Norwegian Farmhouses


 


Folk museum at Oslo

Vagamo

Lom

Near Oye

Maihaugen

Maihaugen


Sod Roof

The three traditional roofing materials in this area were slate, wood shake, and sod. However, precisely cut slate tiles were expensive, and in the absence of nails, it was not easy to keep wood shake permanently in place. Iron was available but nails were scarce and not often used as fasteners. Iron was more often used for hinges and supports around fireplaces. Made of soil and turf which were readily available and requiring less manual labor to install, sod roofs became the obvious choice and the most common roof in this area to protect against the combined threat of wind, sun and water. Nonetheless, sod roofs required special materials and knowledge to install, and would be required to be upgraded and reinstalled over time.

The base of any roof was supported by logs placed about 24" on center, with wood planks about 2" thick placed above. To support the short overhang at the low end of the gable roof, outrigger beams were cut into the top of the wall logs and the direction of the roof planks were perpendicular to the roof slope. Some houses had a right angle key at the end of the outrigger to support the fascia board. This end of the roof fascia board supports the weight of about 4" soil and turf with water in it and keeps the sod from sliding off the roof.
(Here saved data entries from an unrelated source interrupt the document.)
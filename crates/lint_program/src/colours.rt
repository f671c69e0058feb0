//! The choice whether the output is in colours.

ghost use Rattle.std.specs.Prelude.{◌≡◌, option_map};
ghost use Rattle.lint_program.specs.Colours.{wants_colours};

/// The value of `--color`: when the output is in colours.
#[derive(Clone, Copy, Debug, Eq, PartialEq)]
pub enum ColourChoice {
    /// If the output is a terminal that has them.
    Auto,
    /// Always.
    Always,
    /// Never.
    Never,
}

/// Returns whether colours are wanted, by whether the output is a terminal and by the values of the
/// variables `NO_COLOR` and `TERM`. With `Auto` they are if the output is a terminal, `NO_COLOR` is
/// unset or empty, and `TERM` is set and not `dumb`.
pub fn wants_colours(
    choice: ColourChoice,
    is_terminal: bool,
    no_color: Option<&str>,
    term: Option<&str>,
) -> bool
    ensures { result ≡ wants_colours choice is_terminal (option_map (λ w. w.now) no_color.entry)
        (option_map (λ w. w.now) term.entry) }
{
    match choice {
        ColourChoice::Always => true,
        ColourChoice::Never => false,
        ColourChoice::Auto => {
            is_terminal
                && no_color.is_none_or(|word| word.is_empty())
                && term.is_some_and(|word| word != "dumb")
        }
    }
}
The sod roof is a particular and unique feature in the traditional Norwegian farmhouse, providing several benefits beyond availability of materials and ease of construction:
  1. Thermal insulation against bitter winter cold;
  2. Thermal insulation against humid summer heat and shade from the summer sun;
  3. Moisture retention and weight to hold the water-repellant birch bark underneath;
  4. Water shedding properties.

The traditional sod roof was constructed in three layers, beginning with a bottom layer of water repellant birch bark. Prior to the use of oil based, waterproof membranes, birch bark was readily available and water repellant, as long as it was kept moist. The oil in the bark itself protected against moisture, kept cracking to a minimum, and kept the bark's water shedding properties alive. Birch trees that grow in this area tend to be quite narrow and so the strips of bark were layered to reduce gaps and the possibility of leakage.

Grass growing on the roof is important because their roots will act as binder for the soil. Without it, the soil will wash off with heavy rain and sliding snow. During winter, the grass will be dormant but the roots will continue to hold the soil together. Under the freezing temperature, the water in the soil will freeze. Snow could cumulate up to 8 meters in the area and will actually act as insulation keeping the heat within the building.